## TASK PROMPT
What is needed is an exact transcription of the line with "cache.new.ways ≡ cache.old.ways" and all the lines that follow it in the entries below; add nothing else.
(Beginning of DATA TO EXAMINE)
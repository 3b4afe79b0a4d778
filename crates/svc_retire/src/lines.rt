//! A commit and a squash, in the lines of caches.

ghost use Rattle.std.specs.Prelude.{◌≡◌, ◌<◌, ℕ, cond, length, get_or};
ghost use Rattle.svc_cache.specs.Lines.{commit_line, squash_line};
ghost use Rattle.svc_cache.specs.Places.{line_of};
ghost use Rattle.svc_bus_laws.specs.LineTable.{is_cut};
ghost use Rattle.svc_retire.specs.Caches.{held_line, SameSizes};

use svc_cache::Cache;
use svc_order::TaskQueue;

/// The head, whose cache this is, is committed: C is set on its active lines. Nothing is written back.
pub fn commit_lines(cache: &mut Cache)
    ensures lines { (a : ℕ) → line_of cache.new a ≡ commit_line (line_of cache.old a) }
    ensures sets { cache.new.sets ≡ cache.old.sets }
    ensures ways { cache.new.ways ≡ cache.old.ways }
{
    cache.for_commit();
}

/// The tasks from a position on are squashed: all active lines of their units become invalid.
pub fn squash_lines(caches: &mut [Cache], queue: &TaskQueue, position: usize)
    requires { (p : ℕ) → p < length queue.now → get_or queue.now p 0 < length caches.old }
    ensures lines { (u a : ℕ) → held_line caches.new u a ≡ cond (is_cut queue.now position u)
        (squash_line (held_line caches.old u a)) (held_line caches.old u a) }
    ensures sizes { SameSizes caches.old caches.new }
{
    for cut in position..queue.len() {
        let unit = queue.unit_at(cut).0 as usize;
        caches[unit].for_squash();
    }
}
(End of DATA TO EXAMINE)
## EXPECTED ANSWER
    ensures ways { cache.new.ways ≡ cache.old.ways }
{
    cache.for_commit();
}

/// The tasks from a position on are squashed: all active lines of their units become invalid.
pub fn squash_lines(caches: &mut [Cache], queue: &TaskQueue, position: usize)
    requires { (p : ℕ) → p < length queue.now → get_or queue.now p 0 < length caches.old }
    ensures lines { (u a : ℕ) → held_line caches.new u a ≡ cond (is_cut queue.now position u)
        (squash_line (held_line caches.old u a)) (held_line caches.old u a) }
    ensures sizes { SameSizes caches.old caches.new }
{
    for cut in position..queue.len() {
        let unit = queue.unit_at(cut).0 as usize;
        caches[unit].for_squash();
    }
}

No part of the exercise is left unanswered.